# Directions
Below are some records. Return exactly the lines from the one with "none, of the lowest set that has one." to the one with "for set in 0..SETS", and nothing else.
Provided information Start Marker
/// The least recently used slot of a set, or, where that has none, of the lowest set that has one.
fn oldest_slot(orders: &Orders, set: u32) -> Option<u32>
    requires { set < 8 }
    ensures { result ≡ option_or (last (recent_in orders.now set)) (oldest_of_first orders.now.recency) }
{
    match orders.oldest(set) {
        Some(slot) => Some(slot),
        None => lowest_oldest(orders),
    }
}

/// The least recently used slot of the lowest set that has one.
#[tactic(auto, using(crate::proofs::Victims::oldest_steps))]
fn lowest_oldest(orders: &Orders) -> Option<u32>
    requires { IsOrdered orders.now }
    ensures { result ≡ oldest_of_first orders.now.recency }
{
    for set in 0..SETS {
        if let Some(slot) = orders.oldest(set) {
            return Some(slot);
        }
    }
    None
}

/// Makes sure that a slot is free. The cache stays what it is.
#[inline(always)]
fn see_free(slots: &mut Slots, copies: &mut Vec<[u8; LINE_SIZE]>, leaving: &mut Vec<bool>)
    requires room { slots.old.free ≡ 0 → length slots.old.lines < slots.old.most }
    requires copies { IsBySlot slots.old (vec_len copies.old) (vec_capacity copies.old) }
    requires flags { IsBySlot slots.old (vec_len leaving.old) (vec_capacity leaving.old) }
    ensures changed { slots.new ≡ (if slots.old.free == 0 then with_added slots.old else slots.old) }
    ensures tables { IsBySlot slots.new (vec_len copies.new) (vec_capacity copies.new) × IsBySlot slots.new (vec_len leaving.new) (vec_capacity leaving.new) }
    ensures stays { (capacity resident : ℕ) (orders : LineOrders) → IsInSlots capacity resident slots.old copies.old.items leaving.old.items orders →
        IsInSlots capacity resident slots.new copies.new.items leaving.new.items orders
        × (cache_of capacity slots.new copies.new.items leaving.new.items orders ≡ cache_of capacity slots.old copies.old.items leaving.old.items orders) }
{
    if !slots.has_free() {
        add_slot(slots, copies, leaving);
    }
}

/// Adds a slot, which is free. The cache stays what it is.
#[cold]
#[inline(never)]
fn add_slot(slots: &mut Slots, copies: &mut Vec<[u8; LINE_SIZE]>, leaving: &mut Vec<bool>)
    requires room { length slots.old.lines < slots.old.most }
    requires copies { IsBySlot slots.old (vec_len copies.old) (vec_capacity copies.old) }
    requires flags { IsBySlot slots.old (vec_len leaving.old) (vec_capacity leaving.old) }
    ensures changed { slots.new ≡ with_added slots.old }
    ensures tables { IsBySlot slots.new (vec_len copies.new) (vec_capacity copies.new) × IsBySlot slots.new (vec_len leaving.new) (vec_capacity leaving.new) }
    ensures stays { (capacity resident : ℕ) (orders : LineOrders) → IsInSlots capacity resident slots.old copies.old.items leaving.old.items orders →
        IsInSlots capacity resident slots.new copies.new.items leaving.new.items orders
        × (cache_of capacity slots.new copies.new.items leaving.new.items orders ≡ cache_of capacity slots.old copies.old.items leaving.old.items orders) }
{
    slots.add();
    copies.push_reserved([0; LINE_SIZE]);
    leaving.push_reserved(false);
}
Provided information End Marker
Provided information Start Marker
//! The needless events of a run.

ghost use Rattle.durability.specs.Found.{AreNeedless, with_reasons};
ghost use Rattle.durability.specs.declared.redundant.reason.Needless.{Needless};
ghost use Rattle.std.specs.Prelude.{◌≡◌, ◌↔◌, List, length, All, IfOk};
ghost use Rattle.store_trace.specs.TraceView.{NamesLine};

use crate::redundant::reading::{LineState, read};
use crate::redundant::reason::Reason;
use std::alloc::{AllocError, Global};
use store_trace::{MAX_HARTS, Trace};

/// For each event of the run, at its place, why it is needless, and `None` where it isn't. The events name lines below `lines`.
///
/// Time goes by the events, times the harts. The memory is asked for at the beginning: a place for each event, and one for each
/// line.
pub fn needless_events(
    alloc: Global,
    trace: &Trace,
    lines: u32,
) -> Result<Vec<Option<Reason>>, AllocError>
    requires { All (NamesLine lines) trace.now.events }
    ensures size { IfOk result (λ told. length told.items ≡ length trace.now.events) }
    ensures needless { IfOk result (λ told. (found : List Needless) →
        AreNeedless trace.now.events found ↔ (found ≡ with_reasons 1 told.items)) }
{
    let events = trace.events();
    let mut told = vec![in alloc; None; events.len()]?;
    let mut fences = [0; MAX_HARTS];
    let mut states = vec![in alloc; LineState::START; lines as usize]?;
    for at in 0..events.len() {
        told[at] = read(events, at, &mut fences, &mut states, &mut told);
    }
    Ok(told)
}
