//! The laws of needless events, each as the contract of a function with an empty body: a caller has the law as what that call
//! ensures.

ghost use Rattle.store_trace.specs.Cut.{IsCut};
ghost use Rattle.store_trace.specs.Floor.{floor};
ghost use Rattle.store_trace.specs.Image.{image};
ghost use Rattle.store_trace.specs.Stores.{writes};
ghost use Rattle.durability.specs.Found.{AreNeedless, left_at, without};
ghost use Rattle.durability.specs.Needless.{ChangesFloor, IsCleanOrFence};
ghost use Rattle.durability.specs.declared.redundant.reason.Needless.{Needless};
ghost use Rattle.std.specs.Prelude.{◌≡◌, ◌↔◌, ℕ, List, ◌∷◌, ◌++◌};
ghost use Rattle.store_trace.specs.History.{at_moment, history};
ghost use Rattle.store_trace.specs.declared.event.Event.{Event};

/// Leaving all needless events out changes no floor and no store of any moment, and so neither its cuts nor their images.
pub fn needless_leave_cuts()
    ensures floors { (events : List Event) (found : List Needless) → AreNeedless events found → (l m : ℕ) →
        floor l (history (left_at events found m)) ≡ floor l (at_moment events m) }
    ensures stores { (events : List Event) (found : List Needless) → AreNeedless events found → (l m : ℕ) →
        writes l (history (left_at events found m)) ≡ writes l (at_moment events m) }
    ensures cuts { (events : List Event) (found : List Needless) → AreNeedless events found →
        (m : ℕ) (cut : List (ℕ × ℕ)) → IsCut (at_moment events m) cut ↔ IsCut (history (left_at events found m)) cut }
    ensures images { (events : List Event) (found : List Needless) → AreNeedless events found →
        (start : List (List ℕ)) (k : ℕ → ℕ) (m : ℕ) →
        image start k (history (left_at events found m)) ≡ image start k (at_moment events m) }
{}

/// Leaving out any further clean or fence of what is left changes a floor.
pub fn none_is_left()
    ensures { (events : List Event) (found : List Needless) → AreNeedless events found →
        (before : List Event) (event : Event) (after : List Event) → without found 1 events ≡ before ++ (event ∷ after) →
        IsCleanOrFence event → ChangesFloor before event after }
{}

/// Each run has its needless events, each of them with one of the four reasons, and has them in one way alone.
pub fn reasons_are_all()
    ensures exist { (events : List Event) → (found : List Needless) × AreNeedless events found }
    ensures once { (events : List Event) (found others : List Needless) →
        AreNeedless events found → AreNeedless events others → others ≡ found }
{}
Provided information End Marker
# Answer space
/// The least recently used slot of a set, or, where that has none, of the lowest set that has one.
fn oldest_slot(orders: &Orders, set: u32) -> Option<u32>
    requires { set < 8 }
    ensures { result ≡ option_or (last (recent_in orders.now set)) (oldest_of_first orders.now.recency) }
{
    match orders.oldest(set) {
        Some(slot) => Some(slot),
        None => lowest_oldest(orders),
    }
}

/// The least recently used slot of the lowest set that has one.
#[tactic(auto, using(crate::proofs::Victims::oldest_steps))]
fn lowest_oldest(orders: &Orders) -> Option<u32>
    requires { IsOrdered orders.now }
    ensures { result ≡ oldest_of_first orders.now.recency }
{
    for set in 0..SETS {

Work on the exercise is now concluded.